Glioblastoma stem cells respond to differentiation cues but fail to undergo commitment and terminal cell cycle arrest

Summary Glioblastoma (GBM) is an aggressive brain tumor whose growth is driven by stem cell-like cells. BMP signaling triggers cell-cycle exit and differentiation of GBM stem cells (GSCs) and, therefore, might have therapeutic value. However, the epigenetic mechanisms that accompany differentiation remain poorly defined. It is also unclear whether cell-cycle arrest is terminal. Here we find only a subset of GSC cultures exhibit astrocyte differentiation in response to BMP. Although overtly differentiated non-cycling astrocytes are generated, they remain vulnerable to cell-cycle re-entry and fail to appropriately reconfigure DNA methylation patterns. Chromatin accessibility mapping identified loci that failed to alter in response to BMP and these were enriched in SOX transcription factor-binding motifs. SOX transcription factors, therefore, may limit differentiation commitment. A similar propensity for cell-cycle re-entry and de-differentiation was observed in GSC-derived oligodendrocyte-like cells.
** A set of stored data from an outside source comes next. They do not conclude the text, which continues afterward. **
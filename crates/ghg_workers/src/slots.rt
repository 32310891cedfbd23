//! The slots of a layer.

ghost use Rattle.std.specs.Prelude.{◌≡◌, ℕ, All, IfOk};
ghost use Rattle.ghg_cell.specs.BoardRule.{times, once_below};
ghost use Rattle.ghg_workers.specs.Slots.{AreFilled};
ghost use Rattle.ghg_workers.specs.Entries.{places_of, IsOf};

use crate::entry::Entry;
use crate::layer::Layer;
use std::alloc::{AllocError, Global};

/// Lays each entry into the slot of its place. The entries have each place of the layer once.
pub(crate) fn lay<N: Layer>(
    alloc: Global,
    layer: &N,
    mut entries: Vec<Entry<N::Outcome>>,
) -> Result<Vec<Option<N::Outcome>>, AllocError>
    requires each { (x : ℕ) → times x (places_of entries.items) ≡ once_below x (N.count layer.now) }
    requires right { All (IsOf (N.outcome layer.now) (N.count layer.now)) entries.items }
    ensures { IfOk result (AreFilled (N.outcome layer.now) (N.count layer.now)) }
{
    let mut slots = Vec::new(alloc);
    for _place in 0..layer.count() {
        slots.push(None)?;
    }
    'entries: while let Some(entry) = entries.pop() {
        let Entry { place, outcome } = entry;
        slots[place as usize] = Some(outcome);
    }
    Ok(slots)
}
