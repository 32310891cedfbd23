//! The nodes of one layer.

ghost use Rattle.std.specs.Prelude.{◌≡◌, ℕ, ◌<◌, IfOk};

use ghg_cell::Ticket;
use std::alloc::{AllocError, Global};

/// The nodes of one layer. Each stands at a place, from 0, and none is an input of another, so they may be
/// evaluated in any order.
pub trait Layer: Sync {
    /// What a worker keeps of its own from one node to the next, as a buffer or the line that it met last.
    type Reader: Drop + Send;

    /// What the evaluation of a node gives.
    type Outcome: Drop + Send;

    /// How many nodes there are.
    ghost count: { Self → ℕ };

    /// What the node at a place gives.
    ghost outcome: { Self → ℕ → Self.Outcome → Type 0 };

    /// What holds of a reader of the layer.
    ghost suits: { Self → Self.Reader → Type 0 };

    /// The inputs of all its nodes are at hand.
    ghost ready: { Self → Type 0 };

    /// How many nodes there are.
    fn count(&self) -> usize
        ensures { result ≡ count self.now };

    /// A reader for one more worker. It takes no memory.
    fn reader(&self, alloc: Global) -> Self::Reader
        ensures { suits self.now result };

    /// Evaluates the node at a place, which uses up a ticket.
    fn evaluate(
        &self,
        alloc: Global,
        reader: &mut Self::Reader,
        ticket: Ticket,
        place: usize,
    ) -> Result<Self::Outcome, AllocError>
        requires ready { ready self.now }
        requires place { place < count self.now }
        requires reader { suits self.now reader.old }
        ensures reader { suits self.now reader.new }
        ensures outcome { IfOk result (outcome self.now place) };
}
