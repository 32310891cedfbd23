//! Several workers.

ghost use Rattle.std.specs.Thread.{IsSync};
ghost use Rattle.std.specs.Prelude.{◌≡◌, ◌+◌, ◌-◌, ◌^◌, ◌<◌, ◌≤◌, ◌++◌, [], IfOk, IsOkAnd};
ghost use Rattle.ghg_workers.specs.Entries.{IsWhole};

use crate::entry::Entry;
use crate::gate::Gate;
use crate::layer::Layer;
use crate::worker::{Task, work};
use ghg_cell::Pass;
use std::alloc::{AllocError, Global};
use std::thread::{Threads, join};

/// Who evaluates: the threads' handle, how many workers there are, from 1 to 64, and who is told of each
/// evaluation.
#[derive(Drop)]
pub struct Workers<'a, T, G> {
    /// The handle by which threads are made.
    pub threads: &'a T,
    /// How many workers a layer has at most.
    pub count: u32,
    /// Who is told of each evaluation.
    pub gate: &'a G,
}

/// What `work` does, by several workers who claim on one board.
pub(crate) fn work_together<N: Layer, G: Gate, T: Threads + Sync>(
    threads: &T,
    alloc: Global,
    task: &Task<'_, N, G>,
    count: u32,
    mut pass: Pass,
) -> (Pass, Result<Vec<Entry<N::Outcome>>, AllocError>)
    requires board { (pass.board ≡ task.now.board.now) × (pass.board.places ≡ N.count task.now.layer.now) }
    requires pass { (pass.claimed ≡ []) × (pass.misses + count ≤ pass.stake) }
    requires count { 1 ≤ count }
    requires ready { N.ready task.now.layer.now }
    requires places { task.now.first + N.count task.now.layer.now < 2 ^ 64 }
    ensures pass { (result.0.board ≡ pass.board) × (result.0.stake ≡ pass.stake) }
    ensures entries { IfOk result.1 (λ entries.
        IsWhole (N.outcome task.now.layer.now) (N.count task.now.layer.now) entries.items result.0) }
{
    if count == 1 {
        return work(alloc, task, pass);
    }
    let new = task.board.split(&mut pass);
    let ((other, theirs), (mut pass, mine)) = join(
        threads,
        move || -> (Pass, Result<Vec<Entry<N::Outcome>>, AllocError>)
            requires shared { IsSync N.row × IsSync G.row }
            requires board { (new.board ≡ task.now.board.now)
                × (new.board.places ≡ N.count task.now.layer.now) }
            requires pass { (new.claimed ≡ []) × (new.misses < new.stake) }
            requires ready { N.ready task.now.layer.now }
            requires places { task.now.first + N.count task.now.layer.now < 2 ^ 64 }
            ensures pass { (result.0.board ≡ new.board) × (result.0.stake ≡ new.stake) }
            ensures entries { IfOk result.1 (λ entries. IsWhole (N.outcome task.entry.now.layer.now)
                (N.count task.entry.now.layer.now) entries.items result.0) }
        { work(alloc, task, new) },
        move || -> (Pass, Result<Vec<Entry<N::Outcome>>, AllocError>)
            requires shared { IsSync N.row × IsSync T.row × IsSync G.row }
            requires board { (pass.board ≡ task.now.board.now)
                × (pass.board.places ≡ N.count task.now.layer.now) }
            requires pass { (pass.claimed ≡ []) × (pass.misses + (count - 1) ≤ pass.stake) }
            requires count { 2 ≤ count }
            requires ready { N.ready task.now.layer.now }
            requires places { task.now.first + N.count task.now.layer.now < 2 ^ 64 }
            ensures pass { (result.0.board ≡ pass.board) × (result.0.stake ≡ pass.stake) }
            ensures entries { IfOk result.1 (λ entries. IsWhole (N.outcome task.entry.now.layer.now)
                (N.count task.entry.now.layer.now) entries.items result.0) }
        { work_together(threads, alloc, task, count - 1, pass) },
    );
    task.board.join(&mut pass, other);
    (pass, both(mine, theirs))
}

// The second list after the first.
fn both<O: Drop>(
    mine: Result<Vec<Entry<O>>, AllocError>,
    theirs: Result<Vec<Entry<O>>, AllocError>,
) -> Result<Vec<Entry<O>>, AllocError>
    ensures { IfOk result (λ all. IsOkAnd mine (λ a. IsOkAnd theirs (λ b. all.items ≡ a.items ++ b.items))) }
{
    let mut all = mine?;
    let mut after = theirs?;
    all.append(&mut after)?;
    Ok(all)
}
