//! Whole layers.

ghost use Rattle.std.specs.Prelude.{◌≡◌, ℕ, ◌+◌, ◌^◌, ◌<◌, ◌≤◌, IfOk};
ghost use Rattle.ghg_workers.specs.Slots.{AreFilled};

use crate::gate::Gate;
use crate::layer::Layer;
use crate::slots::lay;
use crate::worker::Task;
use crate::workers::{Workers, work_together};
use ghg_cell::{Board, take};
use ghg_steps::Steps;
use std::alloc::{AllocError, Global};
use std::sync::ledger::Ledger;
use std::thread::Threads;

/// What each node of a layer gives, for a step each. The workers claim the places one by one; there are no
/// more of them than places. `first` is the place of the layer's first node in the list of affected nodes.
/// If memory runs out for one of them, all end first, and the steps stay spent.
pub fn evaluate_layer<N: Layer, G: Gate, T: Threads + Sync, L: Ledger>(
    alloc: Global,
    workers: &Workers<'_, T, G>,
    layer: &N,
    first: u64,
    steps: &mut Steps<L>,
) -> Result<Vec<Option<N::Outcome>>, AllocError>
    requires workers { (1 ≤ workers.now.count) × (workers.now.count ≤ 64) }
    requires ready { N.ready layer.now }
    requires nodes { N.count layer.now ≤ 1000000000 }
    requires places { first + N.count layer.now < 2 ^ 64 }
    ensures slots { IfOk result (AreFilled (N.outcome layer.now) (N.count layer.now)) }
    ensures steps { steps.new ≡ steps.old + N.count layer.now }
{
    let count = layer.count();
    let permits = take(count as u64, steps);
    let (board, pass) = Board::new(alloc, permits)?;
    let task = Task {
        layer,
        gate: workers.gate,
        first,
        board: &board,
    };
    let (pass, entries) = work_together(
        workers.threads,
        alloc,
        &task,
        at_most(workers.count, count),
        pass,
    );
    let entries = entries?;
    board.close(pass);
    lay(alloc, layer, entries)
}

// So many workers, or as many as there are places, but one at least.
fn at_most(workers: u32, places: usize) -> u32
    requires { 1 ≤ workers }
    ensures { (1 ≤ result) × (result ≤ workers) }
{
    if places == 0 {
        1
    } else if places < workers as usize {
        places as u32
    } else {
        workers
    }
}
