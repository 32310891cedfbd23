//! What is told of evaluations.

/// Is told of each evaluation before it begins, by the node's place in the list of affected nodes arranged
/// by layers, from 0. Gates of tests count, or let places wait for others.
pub trait Gate: Sync {
    /// Called before the node at the place is evaluated.
    fn at(&self, place: u64);
}

/// The gate of the program. It does nothing.
#[derive(Drop)]
pub struct OpenGate;

impl Gate for OpenGate {
    fn at(&self, _place: u64) {}
}
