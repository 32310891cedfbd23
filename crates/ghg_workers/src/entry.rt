//! What a worker hands in.

/// A place of a layer, and what its node gave.
#[derive(Drop)]
pub(crate) struct Entry<O> {
    pub(crate) place: u64,
    pub(crate) outcome: O,
}
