//! A layer of nodes, evaluated by several workers.
//!
//! The workers claim the places of the layer one by one on a board, since nodes are uneven. What the slots
//! hold in the end depends neither on how many workers there are nor on who claims what.
#![tactic(auto)]

mod entry;
mod gate;
mod layer;
mod slots;
mod whole;
mod worker;
mod workers;

pub use gate::{Gate, OpenGate};
pub use layer::Layer;
pub use whole::evaluate_layer;
pub use workers::Workers;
These findings highlight significant obstacles to BMP-induced differentiation as therapy for GBM.
Graphical Abstract
Highlights • Genome-wide profiling shows DNA methylation patterns during glioblastoma (GBM) differentiation • Delayed and incomplete epigenetic changes appear in GBM stem cells in response to BMP • SOX transcription factors may explain the lack of terminal differentiation • Lack of differentiation commitment limits the effectiveness of BMP-based therapies
BMP induces differentiation of glioblastoma stem cells (GSCs), but it remains unclear if differentiation commitment and permanent cell-cycle arrest occurs. Pollard, Beck, and colleagues report that differentiated progeny of GSCs fail to reconfigure DNA methylation patterns and are vulnerable to de-differentiation. Failure to suppress the activity of SOX transcription factors may explain this deficit.